9. Review time stamps. Decent survey platforms will record the “time in” and “time out” of every person who takes, or attempts to take, your survey. You should download and keep that data along with all the important stuff. Calculate how much time each respondent spends in your survey. Very long times are infrequent and usually OK; it means somebody got interrupted and resumed taking the survey later on. Very short times are not OK; it means somebody raced through, clicking answers without reading the questions. Multiple, sequential time stamps can also reveal clusters of survey attempts (and often successful completes) from robots or fraudsters that should be flagged for removal.

10. Search for patterns. We try to avoid too many grid-style questions in our surveys (opting for stand-alone questions instead) but grids are often better and they can be an excellent way to find people who are not taking surveys seriously. Straightlining is when a respondent clicks the same answer for all questions in a grid. Sometimes it’s legitimate and sometimes not, so decide ahead of time which grids to analyze for straightlining. Search for unlikely patterns in other questions as well, like sequential numbers in numeric entry boxes. Unlikely patterns should be flagged as indicators for potential cuts.

Provide thoughtful input 

I feel somewhat bad writing this article, worried that some might conclude we should be wary of the people taking our surveys.

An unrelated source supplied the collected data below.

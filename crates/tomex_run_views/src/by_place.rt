//! The stalls report by place in the program.

ghost use Rattle.std.specs.Prelude.{◌≡◌, ◌≤◌, ◌^◌, ◌++◌, ◌∷◌, [], ℕ, All, IfOk, List, OnOk, length, map};
ghost use Rattle.std.specs.BTreeMap.{IsOrdered, values};
ghost use Rattle.std.specs.Ordering.{nat_cmp};
ghost use Rattle.tomex_rvexec.specs.Run.{most_steps};
ghost use Rattle.tomex_rvexec.specs.declared.step.Step.{Step};
ghost use Rattle.tomex_layout.specs.Csv.{IsReady};
ghost use Rattle.tomex_layout.specs.Growth.{Writes};
ghost use Rattle.tomex_run_views.specs.ByPlace.{IsReportByPlace, pc_of};
ghost use Rattle.tomex_run_views.specs.Tally.{report_of_counted};

use crate::counted::{Counted, count_run};
use crate::places::{put_header, put_last, put_places};
use crate::step_columns::{NoColumns, StepColumns};
use crate::sum_columns::WaitColumns;
use csv::Writer;
use std::alloc::{AllocError, Allocator, Global};
use tomex_config::Config;
use tomex_layout::into_text;
use tomex_rvexec::Step;
use tomex_timing::Run;

/// Writes the report of what was counted.
fn put_counted<A: Allocator, C: StepColumns>(
    writer: &mut Writer<Vec<u8, A>>,
    heap: Global,
    names: &[&str],
    columns: &C,
    counted: &Counted<A>,
) -> Result<(), AllocError>
    requires ready { IsReady writer.old }
    requires drain { counted.now.drain ≤ 2 ^ 62 }
    requires cycles { counted.now.tally.all.cycles ≤ 2 ^ 62 }
    ensures text { OnOk result ((own : Step → List (List ℕ))
        → All (λ place. C.shows columns.now place.first (own place.first)) (values counted.now.tally.groups)
        → Writes (report_of_counted (map (λ n. n.now) names.now) own counted.now) writer.old writer.new) }
    ensures order { OnOk result (IsOrdered nat_cmp counted.now.tally.groups) }
{
    put_header(writer, heap, names, &WaitColumns)?;
    put_places(writer, heap, columns, &WaitColumns, &counted.tally)?;
    let drain = counted.only_drain();
    put_last(writer, heap, "drain", names, &WaitColumns, &drain)?;
    put_last(writer, heap, "total", names, &WaitColumns, &counted.total())
}

/// The report by place of steps that were counted by address, with more columns of these names.
pub fn text_by_place<A: Allocator, C: StepColumns>(
    alloc: A,
    heap: Global,
    names: &[&str],
    columns: &C,
    counted: &Counted<A>,
) -> Result<Vec<u8, A>, AllocError>
    requires drain { counted.now.drain ≤ 2 ^ 62 }
    requires cycles { counted.now.tally.all.cycles ≤ 2 ^ 62 }
    ensures text { IfOk result (λ text. (own : Step → List (List ℕ))
        → All (λ place. C.shows columns.now place.first (own place.first)) (values counted.now.tally.groups)
        → text.items ≡ report_of_counted (map (λ n. n.now) names.now) own counted.now) }
    ensures order { OnOk result (IsOrdered nat_cmp counted.now.tally.groups) }
{
    let mut writer = Writer::from_writer(Vec::new(alloc));
    put_counted(&mut writer, heap, names, columns, counted)?;
    into_text(writer)
}

/// The addresses of steps.
pub fn addresses_of<A: Allocator>(alloc: A, steps: &[Step]) -> Result<Vec<u64, A>, AllocError>
    ensures { IfOk result (λ v. v.items ≡ map pc_of steps.now) }
{
    let mut addresses = Vec::new(alloc);
    for step in steps {
        addresses.push(u64::from(step.pc))?;
    }
    Ok(addresses)
}

/// The stalls report of a run on a configuration by place in the program: CSV with a header, a record for each
/// address at which the run has a step, in ascending order, with how many steps it has there, how many cycles they
/// take, and for how many cycles they wait for what; then the cycles after the last issue, and last the same of all
/// steps.
///
/// `csv` allocates its records in `heap`.
pub fn stalls_by_pc<A: Allocator + Clone>(
    alloc: A,
    heap: Global,
    run: &Run<A>,
    config: &Config,
) -> Result<Vec<u8, A>, AllocError>
    requires few { length run.now ≤ most_steps }
    ensures { IfOk result (λ text. IsReportByPlace config.now run.now text.items) }
{
    let steps = run.steps();
    let addresses = addresses_of(alloc.clone()?, steps)?;
    let counted = count_run(alloc.clone()?, config, steps, addresses.as_slice())?;
    text_by_place(alloc, heap, &[], &NoColumns, &counted)
}
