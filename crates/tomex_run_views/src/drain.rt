//! The cycles of a run after its last issue.

ghost use Rattle.std.specs.Prelude.{◌≡◌, ◌+◌, ◌-◌, ◌^◌, ◌<◌, ◌≤◌, All, length};
ghost use Rattle.tomex_timing.specs.History.{greatest_end, last_issue};
ghost use Rattle.tomex_timing.specs.Needs.{drain, waits_in};
ghost use Rattle.tomex_timing.specs.Search.{history};
ghost use Rattle.tomex_timing.specs.Waiting.{AreWithin};
ghost use Rattle.tomex_run_views.specs.Drain.{cycles_under_way};
ghost use Rattle.tomex_rvexec.specs.Run.{most_steps};

use crate::tally::cycles_of;
use tomex_config::Config;
use tomex_rvexec::Step;
use tomex_timing::Waits;

/// The cycles from a step's issue to its end: its waits, its latency, and a cycle on a bus if it has a result.
fn cycles_under_way(config: &Config, step: &Step, waits: &Waits) -> u64
    requires { AreWithin (2 ^ 35) waits.now }
    ensures value { result ≡ cycles_under_way config.now step.now waits.now }
    ensures bound { result ≤ 2 ^ 40 }
{
    match step.unit() {
        None => 0,
        Some(unit) => {
            let waited = waits.operand + waits.address + waits.memory + waits.unit + waits.bus;
            waited + u64::from(config.latency(unit)) + u64::from(step.dest().is_some())
        }
    }
}

/// The drain of a run whose steps have these waits: its total less its last issue.
pub fn drain_of(config: &Config, steps: &[Step], waits: &[Waits]) -> u64
    requires few { length steps.now ≤ most_steps }
    requires waits { waits.now ≡ waits_in config.now steps.now }
    requires bound { All (AreWithin (2 ^ 35)) waits.now }
    ensures value { result ≡ drain (history config.now steps.now) }
    ensures bound { result ≤ 2 ^ 62 }
{
    config.keeps_limits();
    let mut issue = 0;
    let mut end = 0;
    for (index, step) in steps.iter().enumerate() {
        let waits = &waits[index];
        issue += cycles_of(index, waits);
        end = (issue + cycles_under_way(config, step, waits)).max(end);
    }
    end - issue
}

But that’s not true. The vast majority of survey respondents participate in good faith and we can see in their responses genuine efforts to provide thoughtful input to our questions. Yes, we see it every day, so thank you dear respondents! It’s that very small slice of bad actors (who cheat and cheat again and magnify their efforts through technology as well) that we’re after.

Opinion polls and surveys work amazingly well (and can help you make better decisions) because good people want to share honest opinions – and they do. The key is to ensure your analysis and conclusions are based on their honest opinions by outsmarting the cheaters, liars and trolls who may be messing you up.